The species may be confused with the congeneric N. gavi, N. grandis, and N. radcliffei. It can be distinguished from these species by a combination of its large size; robust body; medium webbing on the feet; noticeable wrinkling on the skin of the upperside, with conspicuous projections along the spine; a prominent Y-shaped ridge from the upper lip to the nostrils; the presence of the dorso-terminal groove (groove on the upper side of the tip of the digit) on the fourth toe; the absence of the dorso-terminal groove on the third finger; and the lower leg being longer than the foot and nearly equal in length to the thigh.

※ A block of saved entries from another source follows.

// The codec of all ten kinds: reading alone, and writing.
#![tactic(auto)]

ghost use Rattle.std.specs.Prelude.{◌≡◌};
ghost use Rattle.checks.specs.Refusals.{answer_of};
ghost use Rattle.octets.specs.Buffer.{over};
ghost use Rattle.update_walk.specs.Body.{update_of, update_number};
ghost use Rattle.codec.specs.Reading.{most_read, refusal, update_reading, meaning_reading, meaning_read, read_of};
ghost use Rattle.codec.specs.Writing.{rows_allowed, writable, write_of, write_octets};

use checks::Refusal;
use message::Message;

// What reading alone finds: the message, or why it is refused; and an Update's rows: how many, and their numbers, three a
// row, zeros after them.
#[derive(Clone, Copy)]
pub struct Reading {
    pub meaning: Result<Message, Refusal>,
    pub count: u16,
    pub rows: [u32; 384],
}

// Whether these rows may stand beside a message.
fn rows_allowed(message: Message, rows: &[u32]) -> bool
    ensures { result ≡ rows_allowed message rows.now }
{
    match message {
        Message::Update { net, .. } => nets::good_net(net) && update_writing::writable(net, rows),
        _ => rows.is_empty(),
    }
}

// Whether the reader can give this message with these rows.
#[tactic(auto, unfolding(crate::specs::Writing::writable))]
fn is_writable(message: Message, rows: &[u32]) -> bool
    ensures { result ≡ writable message rows.now }
{
    message.kind().allows_status(message.status()) && rows_allowed(message, rows)
}

// Writes a message of any kind, and says how many octets it takes; refuses a short buffer, then what the reader never
// gives.
pub fn write(buffer: &mut [u8], message: Message, rows: &[u32]) -> Result<u16, Refusal>
    ensures value { result ≡ write_of message rows.now buffer.old }
    ensures buffer_after { buffer.new ≡ over (write_octets message rows.now buffer.old) buffer.old }
{
    if buffer.len() < 2048 {
        return Err(Refusal::ShortBuffer);
    }
    if !is_writable(message, rows) {
        return Err(Refusal::BadArgument);
    }
    Ok(codec_writing::write_message(buffer, message, rows) as u16)
}

// A refused reading.
fn refuse(refused: Refusal) -> Reading
    ensures { result ≡ refusal refused }
{
    Reading {
        meaning: Err(refused),
        count: 0,
        rows: [0; 384],
    }
}

// Reads an Update's rows: the message m is that Update's own meaning.
fn read_update(net: u32, m: Message, message: &[u8]) -> Reading
    ensures value { result ≡ update_reading m (update_of most_read net message.now) }
    ensures number { answer_of result.meaning ≡ update_number (update_of most_read net message.now) }
{
    let count = match update_walk::walk(net, message, 128) {
        Ok(count) => count,
        Err(error) => return refuse(Refusal::from(error)),
    };
    let mut rows = [0u32; 384];
    update_rows::store_rows(&mut rows, net, message);
    Reading {
        meaning: Ok(m),
        count: count as u16,
        rows,
    }
}

// A message's meaning with its rows, if it has any.
fn read_rows(net: u32, m: Message, message: &[u8]) -> Reading
    ensures { result ≡ meaning_reading net message.now m }
{
    match m {
        Message::Update { .. } => read_update(net, m, message),
        _ => Reading {
            meaning: Ok(m),
            count: 0,
            rows: [0; 384],
        },
    }
}

// What a message says, its rows left out.
#[tactic(auto, unfolding(crate::specs::Reading::meaning_read))]
fn read_meaning(message: &[u8]) -> Result<Message, Refusal>
    ensures { result ≡ meaning_read message.now }
{
    message_reading::read_header(message)?;
    message_reading::decode(message)
}

// Reads a message alone, given the common net: a refusal, or the meaning and exactly the rows.
#[tactic(auto, unfolding(crate::specs::Reading::reading_after, crate::specs::Reading::read_of))]
pub fn read(net: u32, message: &[u8]) -> Reading
    ensures { result ≡ read_of net message.now }
{
    match read_meaning(message) {
        Ok(m) => read_rows(net, m, message),
        Err(refused) => refuse(refused),
    }
}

== Distribution, ecology, and conservation ==
N. acanthodermis is endemic to the Western Ghats of India, where it is known from Nelliampathi in Palakkad, Kerala, and from the Valparai Plateau in Coimbatore district, Tamil Nadu. The specimens used to describe the species were collected from under rocks in streams in a region of secondary forest. Frogs from Tamil Nadu inhabited pools in swiftly flowing streams. Females lay large pigmented eggs with a diameter of 2.2–2.8 mm. The species has not yet been assessed by the IUCN.